La posada de oficina es ese ritual donde la empresa disfraza la convivencia obligatoria de “espíritu navideño”. Es el único día del año en que el alcohol está permitido… y la reputación, opcional.
RH lo presenta como “una oportunidad para relajarnos, hacer networking”, pero todos sabemos que es una trampa. Una noche en la que los filtros se evaporan al ritmo de las cumbias del karaoke y la vergüenza se deja en el guardarropa.
El salón siempre parece más grande en la invitación. En la práctica, es un espacio mal iluminado con mantel dorado de renta, un pino flaco y un DJ que cobra barato porque grita encima de las canciones. Aun así, todos llegan arreglados como si fueran a los Óscar (de los 80s) con vestidos de lentejuelas para una fiestilla de taquitos y Bacardí. La consigna es la misma: “Vamos a darlo todo”, aunque ese “todo” sea la dignidad.
Y ahí empieza el desfile. El jefe, con dos cubas encima, descubre que tiene cadera.
La de finanzas, seria todo el año, se convierte en loba al son de Shakira.
Los casados olvidan su anillo y se besan con otros también casados, amparados por la frase “ni me acuerdo”.
Y el borracho institucional hace lo suyo manoseado a medio departamento mientras todos fingen que no lo vieron, porque “no hay que arruinar la fiesta” la única fiesta a la que irán en todo el año.
En un rincón, los romances clandestinos quedan expuestos bajo la luz del proyector.
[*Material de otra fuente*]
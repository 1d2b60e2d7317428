//! Replacements as entries of a map, and back.

ghost use Rattle.std.specs.Prelude.{◌≡◌, IfOk, OnOk};
ghost use Rattle.wi_values.specs.Replacements.{IsInOrder, as_map, overridden};

use std::alloc::{AllocError, Global};
use std::collections::BTreeMap;
use wi_values::{Address, Replacement, Value};

/// Values by addresses.
type ValueMap = BTreeMap<Address, Value>;

/// A copy of a replacement, with a copy of its value.
pub(crate) fn copied(alloc: Global, replacement: &Replacement) -> Result<Replacement, AllocError>
    ensures { IfOk result (λ r. r ≡ replacement.now) }
{
    let value = replacement.value.copy(alloc)?;
    Ok(Replacement {
        at: replacement.at,
        value,
    })
}

/// Puts copies of replacements into a map, one after another. If memory runs out, those put in so far stay.
pub(crate) fn insert_copies(
    alloc: Global,
    map: &mut ValueMap,
    replacements: &[Replacement],
) -> Result<(), AllocError>
    ensures { OnOk result (map.new.entries ≡ overridden map.old.entries replacements.now) }
{
    for replacement in replacements {
        let value = replacement.value.copy(alloc)?;
        map.insert(replacement.at, value)?;
    }
    Ok(())
}

/// The entries of a map as replacements, in row-major order.
pub fn listed(alloc: Global, map: BTreeMap<Address, Value>) -> Result<Vec<Replacement>, AllocError>
    ensures value { IfOk result (λ rs. as_map rs.items ≡ map.entries) }
    ensures order { IfOk result (λ rs. IsInOrder rs.items) }
{
    let mut replacements = Vec::with_capacity(alloc, map.len())?;
    for (at, value) in map {
        replacements.push(Replacement { at, value })?;
    }
    Ok(replacements)
}
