//! Replacements, one for each address.

ghost use Rattle.std.specs.Prelude.{◌≡◌, ◌∷◌, ℕ, [], All, filter, map, None, IsSome, IsTrue, IfOk, OnErr, length, if◌then◌else◌};
ghost use Rattle.std.specs.BTreeMap.{get};
ghost use Rattle.std.specs.List.Sorted.{IsStrictlyIncreasing};
ghost use Rattle.std.specs.Option.{option_copied, option_or};
ghost use Rattle.std.specs.Ordering.{nat_cmp};
ghost use Rattle.wi_values.specs.Replacements.{IsInOrder, as_map, last_for, overridden, replaced};
ghost use Rattle.wi_worlds.specs.Inner.Compared.{digest_of};
ghost use Rattle.wi_worlds.specs.Reached.{is_of, is_reached_by, reached_by};
ghost use Rattle.wi_worlds.specs.Reaching.{cone_has, is_reached};

use crate::entries::{copied, insert_copies, listed};
use crate::lookup::value_at;
use crate::part::{copies_of, part_of};
use crate::reaches::Reaches;
use std::alloc::{AllocError, Global};
use std::collections::{BTreeMap, BTreeSet};
use std::hash::{FoldHasher, Hash, Hasher};
use std::marker::Model;
use std::rc::RcSlice;
use wi_values::{Address, Replacement, Value};

/// Replacements, one for each address, in row-major order. A replacement by Empty is one like others. Copies share what
/// they hold.
#[derive(Drop)]
pub struct World {
    /// Nothing where there are no replacements.
    shared: Option<RcSlice<Replacement>>,
    /// A hash of the replacements.
    digest: u64,
    alloc: Global,
}

impl Model for World {
    ghost use Rattle.std.specs.Prelude.{List, ◌≡◌};
    ghost use Rattle.wi_values.specs.declared.replacement.Replacement.{Replacement};
    ghost use Rattle.std.specs.Coded.{coded_list};
    ghost use Rattle.wi_values.specs.contracts.replacement.Replacement as replacement;

    ghost Value = { List Replacement };

    ghost coded = { coded_list replacement.the_row.coded };

    ghost use Rattle.wi_values.specs.Replacements.{IsInOrder};
    ghost use Rattle.wi_worlds.specs.Inner.Compared.{digest_of};
    ghost use Rattle.wi_worlds.specs.Inner.Shared.{shared_items};

    ghost view = { λ w. shared_items w.shared };

    ghost invariant = { λ w. IsInOrder (shared_items w.shared)
        × (w.digest ≡ digest_of (shared_items w.shared)) };
}

impl World {
    /// No replacements. Takes no memory.
    pub fn new(alloc: Global) -> World
        ensures { result ≡ [] }
    {
        World {
            shared: None,
            digest: digest(&[]),
            alloc,
        }
    }

    /// These replacements. Takes no memory where there are none.
    fn of(alloc: Global, replacements: Vec<Replacement>) -> Result<World, AllocError>
        requires order { IsInOrder replacements.items }
        ensures { IfOk result (λ w. w ≡ replacements.items) }
    {
        if replacements.is_empty() {
            return Ok(World::new(alloc));
        }
        let digest = digest(&replacements);
        let shared = RcSlice::from_vec(replacements)?;
        Ok(World {
            shared: Some(shared),
            digest,
            alloc,
        })
    }

    /// The replacements, in row-major order.
    pub fn replacements(&self) -> &[Replacement]
        ensures value { result.now ≡ self.now }
        ensures order { IsInOrder self.now }
    {
        match &self.shared {
            Some(shared) => shared.as_slice(),
            None => &[],
        }
    }

    /// A copy that shares the replacements: whatever their count, it takes the same work, and no memory.
    pub fn copy(&self) -> Result<World, AllocError>
        ensures { IfOk result (λ w. w ≡ self.now) }
    {
        let shared = self.shared.clone()?;
        Ok(World {
            shared,
            digest: self.digest,
            alloc: self.alloc,
        })
    }

    /// A hash of the replacements, found when the world was made: worlds of the same replacements have the same.
    pub fn digest(&self) -> u64
        ensures { result ≡ digest_of self.now }
    {
        self.digest
    }

    /// The replacements with others put in, each in the place of an earlier one for its address. Of two others for
    /// one address the later counts. The work for each replacement, the old ones too, grows with the logarithm of
    /// the count of all.
    pub fn with(&self, others: &[Replacement]) -> Result<World, AllocError>
        ensures list { IfOk result (λ w. as_map w ≡ overridden (as_map self.now) others.now) }
        ensures each { IfOk result (λ w.
            (a : ℕ) → replaced w a ≡ option_or (last_for others.now a) (replaced self.now a)) }
    {
        if is_lone(self.replacements(), others) {
            return World::one(self.alloc, &others[0]);
        }
        self.with_all(others)
    }

    /// One replacement.
    fn one(alloc: Global, replacement: &Replacement) -> Result<World, AllocError>
        ensures { IfOk result (λ w. w ≡ replacement.now ∷ []) }
    {
        let mut one = Vec::with_capacity(alloc, 1)?;
        one.push(copied(alloc, replacement)?)?;
        World::of(alloc, one)
    }

    /// The replacements with others put in, however many there are, each in the place of an earlier one for its
    /// address. Of two others for one address the later counts. All are copied.
    fn with_all(&self, others: &[Replacement]) -> Result<World, AllocError>
        ensures list { IfOk result (λ w. as_map w ≡ overridden (as_map self.now) others.now) }
        ensures each { IfOk result (λ w.
            (a : ℕ) → replaced w a ≡ option_or (last_for others.now a) (replaced self.now a)) }
    {
        let alloc = self.alloc;
        let mut all = BTreeMap::new(alloc);
        insert_copies(alloc, &mut all, self.replacements())?;
        insert_copies(alloc, &mut all, others)?;
        let replacements = listed(alloc, all)?;
        World::of(alloc, replacements)
    }

    /// The value that stands in the place of a cell's content, if one does. The work grows with the logarithm of the
    /// count of replacements.
    pub fn replacement(&self, at: Address) -> Option<&Value>
        ensures { option_copied result ≡ replaced self.now at }
    {
        value_at(self.replacements(), at)
    }

    /// The replacements that a cell reaches, where each replaced address has its cone, shared as by `reaching_by`. The
    /// cells of those are listed first, in memory of the list's length. If memory runs out, the last stay as they were.
    /// The work for each replacement grows with the logarithms of the count of cones and of the count of cells in its
    /// own; texts are compared with the last byte by byte.
    pub fn reaching(
        &self,
        at: Address,
        cones: &BTreeMap<Address, BTreeSet<Address>>,
        last: &mut World,
    ) -> Result<World, AllocError>
        requires cones { All (λ r. IsSome (get nat_cmp cones.now r.at)) self.now }
        ensures list { IfOk result (λ w. w ≡ filter (is_reached cones.now at) self.now) }
        ensures each { IfOk result (λ w. (a : ℕ) → replaced w a
            ≡ (if cone_has cones.now a at then replaced self.now a else None)) }
        ensures last { OnErr result (last.new ≡ last.old) }
    {
        let cells = reached_cells(self.alloc, self.replacements(), at, cones)?;
        self.restricted(&cells, last)
    }

    /// The replacements of the cells that a cell is recorded to reach. What an earlier call gave is remembered, where
    /// it was neither all nor none: the same again, and all and none, are shared, without memory and without a hash;
    /// any other is copied and hashed, and remembered. The answer is the same whatever is remembered. If memory runs
    /// out, that stays as it was. What the cell reaches is looked up once; then the work grows with the count of the
    /// fewer, replacements or such cells, times the logarithm of that of the others; texts are compared with the last
    /// byte by byte.
    #[inline(always)]
    pub fn reaching_by(
        &self,
        at: Address,
        reaches: &Reaches,
        last: &mut World,
    ) -> Result<World, AllocError>
        ensures list { IfOk result (λ w. w ≡ filter (is_reached_by reaches.now at) self.now) }
        ensures each { IfOk result (λ w. (a : ℕ) → replaced w a
            ≡ (if reached_by reaches.now at a then replaced self.now a else None)) }
        ensures last { OnErr result (last.new ≡ last.old) }
    {
        if self.replacements().is_empty() {
            return self.copy();
        }
        self.restricted(reaches.reached(at), last)
    }

    /// The replacements of these cells, in row-major order, shared as `reaching_by` says.
    #[inline(always)]
    fn restricted(&self, cells: &[Address], last: &mut World) -> Result<World, AllocError>
        requires rise { IsStrictlyIncreasing cells.now }
        ensures list { IfOk result (λ w. w ≡ filter (is_of cells.now) self.now) }
        ensures last { OnErr result (last.new ≡ last.old) }
    {
        let all = self.replacements();
        let part = part_of(all, cells, last.replacements());
        if part.count == all.len() {
            return self.copy();
        }
        if part.count == 0 {
            return Ok(World::new(self.alloc));
        }
        if part.is_last {
            return last.copy();
        }
        let kept = copies_of(self.alloc, part.count, all, cells)?;
        let world = World::of(self.alloc, kept)?;
        *last = world.copy()?;
        Ok(world)
    }
}

/// Whether there is one other replacement, and nothing else.
fn is_lone(replacements: &[Replacement], others: &[Replacement]) -> bool
    ensures { IsTrue result → (replacements.now ≡ []) × (length others.now ≡ 1) }
{
    replacements.is_empty() && others.len() == 1
}

/// A hash of replacements.
fn digest(replacements: &[Replacement]) -> u64
    ensures { result ≡ digest_of replacements.now }
{
    let mut hasher = FoldHasher::default();
    replacements.hash(&mut hasher);
    hasher.finish()
}

/// The replaced cells whose cone has a cell, in the order of the replacements.
fn reached_cells(
    alloc: Global,
    replacements: &[Replacement],
    at: Address,
    cones: &BTreeMap<Address, BTreeSet<Address>>,
) -> Result<Vec<Address>, AllocError>
    requires cones { All (λ r. IsSome (get nat_cmp cones.now r.at)) replacements.now }
    ensures { IfOk result (λ cells. cells.items
        ≡ map (λ r. r.at) (filter (is_reached cones.now at) replacements.now)) }
{
    let mut cells = Vec::new(alloc);
    for replacement in replacements {
        if is_reached(replacement.at, at, cones) {
            cells.push(replacement.at)?;
        }
    }
    Ok(cells)
}

/// Whether the cone of a replaced address has a cell.
fn is_reached(replaced: Address, at: Address, cones: &BTreeMap<Address, BTreeSet<Address>>) -> bool
    requires { IsSome (get nat_cmp cones.now replaced) }
    ensures { result ≡ cone_has cones.now replaced at }
{
    cones[&replaced].contains(&at)
}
Miradas que se cruzan, manos que se rozan, gente que al día siguiente va a fingir que solo se “acompañaron al taxi”. Y así nacen las leyendas corporativas que alimentarán el cotilleo de las primeras semanas de enero.
Luego llega el enemigo indiscreto, mejor conocido como amigo secreto. Ese invento del infierno que promete unión y termina revelando quién te odia en silencio, pero lo grita en un regalo barato mal envuelto. El límite son 200 pesos, pero siempre hay alguien que da una pluma de papelería, otra que entrega una crema abierta y el codo que regala lo que le dieron el año pasado. Es el intercambio más deshonesto del año en el que el que da poco, revela mucho.
Mientras tanto, RH sonríe con copa en mano, grabando stories para la intranet con el lema: “#OneTeam”. Al final, cuando la música se apaga, el aire huele a sudor, perfume barato y arrepentimiento. Queda un zapato perdido, un corazón roto y la promesa colectiva de que “el próximo año sí me voy temprano”, pero no será así de hecho llegará más temprano.
Y no puede faltar el acto estrella: los premios las rifas de fin de año. Porque sin rifas no hay asistencia. RH lo sabe, por eso anuncia los regalos como si fueran programas del bienestar: con el mismo entusiasmo institucional y esa promesa de “ahora sí te va a tocar”.
“Televisores, licuadoras, ¡una bicicleta!” (que en realidad es la misma que sobró del Día del Niño, del días de las madres, etc). La gente va por el morbo, no por la convivencia: por esa remota posibilidad de que este año el pavo te toque a ti.
Y quien no quiere ir, se inventa excusas con precisión de guion de Aaron Sorkin: funerales ficticios, operaciones misteriosas, compromisos familiares impostergables o “un vuelo temprano” que nadie verificará jamás.
Porque en la selva corporativa, la posada no es una fiesta: es un reality sin cámaras donde cada quien muestra su versión más honesta, la que no cabe en horario laboral. En el fondo, la posada no celebra la unión del equipo, sino la resistencia: que seguimos aquí, bailando entre ruinas, fingiendo alegría con la misma pasión con la que fingimos productividad. Un espacio que la empresa llama integración, pero en realidad es control, una coreografía de euforia medida donde el exceso está permitido… siempre que no cuestione nada, ni a nadie… mucho menos al acosador oficial.